Herb Schlitz’s heart attack at age 37 was his wake-up call. By the time this propitious event occurred, Herb realized he was a hopeless drunk and he didn’t need the doctor to tell him the obvious . . . but the doc did any who—“keep it up and you’ll never live to see 40.”
Long paragraph short: Herb managed a spectacular turn around. The jolt to his mortality was all that it took for this guy to turn over the proverbial new leaf. Stone cold turkey he healed himself. Not one more brewskie did Herb take unto his lips; he formed a new dietary and exercise routine; he divorced his nag-hag; in a word, by age 39 Herb was well on his way to proving that booze would not kill him and that he would live to see 40 after all.
Another long paragraph short: One sunny Sunday when Herb was out taking his daily jog, as he was sweating and loping across a liquor store parking lot, our man didn’t see the beer truck with the bad brakes until it was too late. And so, Herb—flattened like a wild squirrel--did not live to see 40 after all. And so some more, in the end, technically, booze did finally bite Herb in the butt, though certainly not in the way he imagined.
Moral: You’re dead if you do and you’re dead if you don’t. Ain’t gettin’ out of this one alive.
How Low?—Over at our local Walmart the other day, 28-year-old Justin Haney was doing what he normally does, i.e., hanging around, trying to turn a buck, hoping to get high, looking stupid, acting suspicious.
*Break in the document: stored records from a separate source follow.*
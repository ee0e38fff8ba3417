//! On which boxes of an object a condition is refuted.
//!
//! A condition that is refuted only if all its parts are, and whose forms name one coordinate of the
//! object at most, is refuted on the boxes that lie within one box. That box is found once, and each
//! question on it is a comparison then.

ghost use Rattle.std.specs.Prelude.{◌≤◌};

use crate::reach::near;
use derivation::Side;
use geo_base::{KBox, MAX_DIMS, Point};
use geo_conditions::{Cond, Conds, Form, ObjId, State, Term};

/// The boxes of an object at a place on which a condition is refuted.
#[derive(Clone, Copy)]
pub enum RefutedBoxes<const K: usize> {
    /// None.
    Never,
    /// Those that lie within this one.
    Within(KBox<K>),
    /// It takes a question for each box.
    Asked,
}

// What is known of a part of a condition: that it is refuted on no box, that it is refuted within
// the box that is being narrowed, or nothing.
#[derive(Clone, Copy)]
enum Part {
    Never,
    Within,
    Asked,
}

/// The objects, beside the one at a place, that were asked for.
#[derive(Clone, Copy)]
pub enum Others {
    None,
    One(ObjId),
    Many,
}

impl Others {
    fn and(self, o: ObjId) -> Others {
        match self {
            Others::None => Others::One(o),
            Others::One(other) if other.0 == o.0 => self,
            _ => Others::Many,
        }
    }
}

/// An object at a place, and a box that is being narrowed to where a condition is refuted.
#[derive(Drop)]
struct Narrowing<'a, const K: usize> {
    state: &'a State<K>,
    object: ObjId,
    place: u8,
    within: KBox<K>,
    others: Others,
}

// A part that says the same of each box.
fn literal(is_possible: Option<bool>) -> Part {
    match is_possible {
        Some(true) => Part::Never,
        Some(false) => Part::Within,
        None => Part::Asked,
    }
}

impl<'a, const K: usize> Narrowing<'a, K> {
    // Whether the shape is open to an object, where there is such an object.
    fn has(&mut self, o: ObjId, place: u8) -> Option<bool>
        requires { K ≤ MAX_DIMS }
    {
        if o.0 == self.object.0 {
            Some(place != 0 && place == self.place)
        } else if (o.0 as usize) < self.state.objects() {
            self.others = self.others.and(o);
            Some(self.state.has_shape(o, place))
        } else {
            None
        }
    }

    // Whether another shape is open to it.
    fn has_other(&mut self, o: ObjId, place: u8) -> Option<bool>
        requires { K ≤ MAX_DIMS }
    {
        if o.0 == self.object.0 {
            Some(place == 0 || place != self.place)
        } else if (o.0 as usize) < self.state.objects() {
            self.others = self.others.and(o);
            Some(!self.state.is_only_shape(o, place))
        } else {
            None
        }
    }

    // The least value of a term of another object, where there is such a coordinate.
    fn least_term(&mut self, term: &Term) -> Option<i64>
        requires { K ≤ MAX_DIMS }
    {
        if (term.object.0 as usize) >= self.state.objects() || term.dimension >= K {
            return None;
        }
        self.others = self.others.and(term.object);
        let open = self.state.interval(term.object, term.dimension);
        let end = if term.factor < 0 { open.hi } else { open.lo };
        term.factor.checked_mul(end)
    }

    // Narrows the box to where this term of the object and the least value of the others are more
    // than 0.
    fn narrow(&mut self, term: &Term, least: i64) -> Option<Part> {
        let d = term.dimension;
        if d >= K {
            return None;
        }
        let end = least.checked_sub(1)?;
        let (lo, hi) = (self.within.lo.get(d), self.within.hi.get(d));
        match term.factor {
            1 => self.within.lo.set(d, lo.max(end.checked_neg()?)),
            -1 => self.within.hi.set(d, hi.min(end)),
            _ => return None,
        }
        Some(Part::Within)
    }

    // A form is refuted where its least value is more than 0.
    fn take_form(&mut self, f: &Form) -> Option<Part>
        requires { K ≤ MAX_DIMS }
    {
        let mut least = f.constant();
        let mut own: Option<Term> = None;
        for term in f.terms() {
            if term.object.0 != self.object.0 {
                least = least.checked_add(self.least_term(term)?)?;
            } else if own.is_none() {
                own = Some(*term);
            } else {
                return None;
            }
        }
        match own {
            Some(term) => self.narrow(&term, least),
            None => Some(literal(Some(least <= 0))),
        }
    }

    // Narrows the box to where all of the conditions are refuted.
    #[cycle(take)]
    fn take_all(&mut self, conditions: &Conds) -> Part
        requires { K ≤ MAX_DIMS }
    {
        let mut all = Part::Within;
        for c in conditions.as_slice() {
            match self.take(c) {
                Part::Never => return Part::Never,
                Part::Within => {}
                Part::Asked => all = Part::Asked,
            }
        }
        all
    }

    // Narrows the box to where the condition is refuted. It is inlined where parts are narrowed to,
    // so that a part takes no call.
    #[cycle(take)]
    #[inline(always)]
    fn take(&mut self, c: &Cond) -> Part
        requires { K ≤ MAX_DIMS }
    {
        match c {
            Cond::Lin(f) => self.take_form(f).unwrap_or(Part::Asked),
            Cond::Shape(o, place) => literal(self.has(*o, *place)),
            Cond::NotShape(o, place) => literal(self.has_other(*o, *place)),
            Cond::AtLeast(1, conditions) => self.take_all(conditions),
            Cond::AtLeast(_, _) => Part::Asked,
        }
    }
}

impl<const K: usize> RefutedBoxes<K> {
    /// The boxes of the object at the place on which the condition is refuted, with what is left to
    /// the other objects, and which of these it takes to tell.
    pub fn of(c: &Cond, state: &State<K>, object: ObjId, place: u8) -> (RefutedBoxes<K>, Others)
        requires { K ≤ MAX_DIMS }
    {
        let mut narrowing = Narrowing {
            state,
            object,
            place,
            within: KBox::new(Point::filled(i64::MIN), Point::filled(i64::MAX)),
            others: Others::None,
        };
        let boxes = match narrowing.take(c) {
            Part::Never => RefutedBoxes::Never,
            Part::Within => RefutedBoxes::Within(narrowing.within),
            Part::Asked => RefutedBoxes::Asked,
        };
        (boxes, narrowing.others)
    }
}

/// Whether the first box lies within the second, by its ends.
pub fn lies_within<const K: usize>(b: &KBox<K>, outer: &KBox<K>) -> bool {
    for d in 0..K {
        if b.lo.get(d) < outer.lo.get(d) || outer.hi.get(d) < b.hi.get(d) {
            return false;
        }
    }
    true
}

/// The farthest side at which the part of `b` on it still lies within the other box, and is not the
/// whole of `b`; the side itself, where the part on that does not.
pub fn widest_within<const K: usize>(outer: &KBox<K>, b: &KBox<K>, side: Side) -> Side {
    if !lies_within(&near(b, side), outer) {
        return side;
    }
    match side {
        Side::Upto(d, v) if (d as usize) < K => {
            let last = b.hi.get(d as usize).saturating_sub(1);
            Side::Upto(d, v.max(outer.hi.get(d as usize).min(last)))
        }
        Side::From(d, v) if (d as usize) < K => {
            let first = b.lo.get(d as usize).saturating_add(1);
            Side::From(d, v.min(outer.lo.get(d as usize).max(first)))
        }
        _ => side,
    }
}
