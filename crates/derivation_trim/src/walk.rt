//! A walk over a derivation, with the state at each node, which makes its covers simpler.

ghost use Rattle.std.specs.Prelude.{◌≤◌};

use crate::covers::{Coverer, Swept};
use crate::reach::{Reach, Reaches, far};
use derivation::{Event, Half, Log, Recorder, Side};
use geo_base::{KBox, MAX_DIMS};
use geo_conditions::{Cond, ObjId, State};
use std::alloc::{AllocError, Global};

/// An open node: what it replaced, and of a split whose first part is read how its second part is
/// made.
#[derive(Clone, Copy)]
struct OpenNode<const K: usize> {
    object: ObjId,
    held: Reach<K>,
    second: Option<Half>,
}

struct Walk<'a, const K: usize> {
    conditions: &'a [Cond],
    events: &'a [Event],
    reaches: Reaches<K>,
    nodes: Vec<OpenNode<K>>,
    coverer: Coverer<K>,
    out: Log,
}

/// Written out, since a derived one goes through all parts at each end of a function that drops a walk.
impl<const K: usize> Drop for Walk<'_, K> {
    fn drop(self) {
        let Walk {
            conditions: _,
            events: _,
            reaches: _reaches,
            nodes: _nodes,
            coverer: _coverer,
            out: _out,
        } = self;
    }
}

impl<'a, const K: usize> Walk<'a, K> {
    // What was written, at the end.
    fn into_log(self) -> Log {
        let Walk {
            conditions: _,
            events: _,
            reaches: _reaches,
            nodes: _nodes,
            coverer: _coverer,
            out,
        } = self;
        out
    }

    // On to a part of what was left to the object.
    fn enter(
        &mut self,
        object: ObjId,
        held: Reach<K>,
        part: &Reach<K>,
        second: Option<Half>,
    ) -> Result<(), AllocError>
        requires { K ≤ MAX_DIMS }
    {
        self.nodes.push(OpenNode {
            object,
            held,
            second,
        })?;
        self.reaches.put_part(object, part);
        Ok(())
    }

    // A node has ended: back to the innermost split whose second part is to come, and on to that.
    fn leave(&mut self) -> Result<(), AllocError>
        requires { K ≤ MAX_DIMS }
    {
        while let Some(node) = self.nodes.pop() {
            self.reaches.put(node.object, &node.held);
            if let Some(half) = node.second {
                let part = node.held.second(half);
                return self.enter(node.object, node.held, &part, None);
            }
        }
        Ok(())
    }

    fn split(&mut self, o: ObjId, half: Half) -> Result<(), AllocError>
        requires { K ≤ MAX_DIMS }
    {
        match self.reaches.get(o) {
            Some(held) => self.enter(o, held, &held.first(half), Some(half)),
            None => Ok(()),
        }
    }

    // The cover of a box that begins at an index. It gives the index behind it.
    fn cover(
        &mut self,
        from: usize,
        object: ObjId,
        place: u8,
        b: &KBox<K>,
    ) -> Result<usize, AllocError>
        requires { K ≤ MAX_DIMS }
    {
        let swept = Swept {
            conditions: self.conditions,
            events: self.events,
            state: &self.reaches.state,
            versions: self.reaches.versions.as_slice(),
            object,
            place,
        };
        self.coverer.simplify(&swept, from, b, &mut self.out)
    }

    // The list of covers of a box that begins at an index. It gives the index behind it.
    fn covers(&mut self, from: usize, o: ObjId, b: &KBox<K>) -> Result<usize, AllocError>
        requires { K ≤ MAX_DIMS }
    {
        let events = self.events;
        let mut next = from;
        for _ in from..events.len() {
            let Some(e) = events.get(next) else {
                return Ok(next);
            };
            self.out.add(*e)?;
            next = next.saturating_add(1);
            match e {
                Event::Cover(place) => next = self.cover(next, o, *place, b)?,
                _ => return Ok(next),
            }
        }
        Ok(next)
    }

    fn drop_place(&mut self, at: usize, o: ObjId, place: u8) -> Result<usize, AllocError>
        requires { K ≤ MAX_DIMS }
    {
        let Some(held) = self.reaches.get(o) else {
            return Ok(at);
        };
        let next = self.cover(at, o, place, &held.region)?;
        let part = held.second(Half::OfPlace(place));
        self.enter(o, held, &part, None)?;
        Ok(next)
    }

    fn bound(&mut self, at: usize, o: ObjId, side: Side) -> Result<usize, AllocError>
        requires { K ≤ MAX_DIMS }
    {
        let Some(held) = self.reaches.get(o) else {
            return Ok(at);
        };
        let next = self.covers(at, o, &far(&held.region, side))?;
        let part = held.first(Half::OfSide(side));
        self.enter(o, held, &part, None)?;
        Ok(next)
    }

    fn gone(&mut self, at: usize, o: ObjId) -> Result<usize, AllocError>
        requires { K ≤ MAX_DIMS }
    {
        let Some(held) = self.reaches.get(o) else {
            return Ok(at);
        };
        let next = self.covers(at, o, &held.region)?;
        self.leave()?;
        Ok(next)
    }

    // A node, whose event stands before the index. It gives the index of the next event that is not
    // done with.
    fn node(&mut self, e: Event, at: usize) -> Result<usize, AllocError>
        requires { K ≤ MAX_DIMS }
    {
        self.out.add(e)?;
        match e {
            Event::SplitShape(o, place) => self.split(o, Half::OfPlace(place))?,
            Event::SplitUpto(o, d, v) => self.split(o, Half::OfSide(Side::Upto(d, v)))?,
            Event::SplitFrom(o, d, v) => self.split(o, Half::OfSide(Side::From(d, v)))?,
            Event::Drop(o, place) => return self.drop_place(at, o, place),
            Event::Raise(o, d, v) => return self.bound(at, o, Side::From(d, v)),
            Event::Lower(o, d, v) => return self.bound(at, o, Side::Upto(d, v)),
            Event::Gone(o) => return self.gone(at, o),
            Event::Dead(_) => self.leave()?,
            _ => {}
        }
        Ok(at)
    }
}

/// The same derivation on the first state, with simpler covers. Where the events are no derivation,
/// what comes out is none either.
pub fn with_simpler_covers<const K: usize>(
    alloc: Global,
    conditions: &[Cond],
    first: &State<K>,
    events: &[Event],
) -> Result<Log, AllocError>
    requires { K ≤ MAX_DIMS }
{
    let mut walk = Walk {
        conditions,
        events,
        reaches: Reaches::start(alloc, first)?,
        nodes: Vec::new(alloc),
        coverer: Coverer::start(alloc, conditions.len())?,
        out: Log::new(alloc),
    };
    let mut next: usize = 0;
    for _ in 0..events.len() {
        match events.get(next) {
            Some(e) => next = walk.node(*e, next.saturating_add(1))?,
            None => break,
        }
    }
    Ok(walk.into_log())
}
This life-time idiot and full-time fool was really nervous and needed something to get him back up there in that drug-induced oblivion where he normally spends most of his waking hours.
When jittery Justin saw some old coot in a wheel chair picking up an order at the pharmacy counter, he made his move. After first asking the surprised gent if he could buy the pills—and receiving an adament negative—Haney resorted to the law of the jungle and decided to just seize what he wanted. Hmmm. It would seem that in the “jungle” Justin is just a worm or roach. Tugging back and forth, this manly specimen could not even out muscle a cripple in a wheel chair. After punching the victim several times in the face, Justin decided that discretion was the better part of valor and that it was better to run away and live to steal another day and when the going gets tough then the . . . oh, hell, Justin just fled out the door . . . with a dozen security cameras rolling.
With a whole case of arrests—that’s still 24—for such trifles as battery, burglary and bungled robberies, Justin the Jailbird is now in jail again, just a waitin’ for some sympathetic judge to release him for the 25th time so he can get that fix he so desperately needs.
Beating up a cripple in a wheel chair! Now that’s getting pretty low, about as low as a man can go, about as low as a snake’s belly in a wagon rut. Maybe this time Justin can rob some silverware from a church and pawn it, or knock a four-year-old off her bike and sell it, or maybe he can find a grave to rob somewhere or. . . .
War on Drugs? Hahahahahahahahahahaha!!!!! Right! Don't need to go down to Columbia or Mexico to fight it--just come to Charlotte County.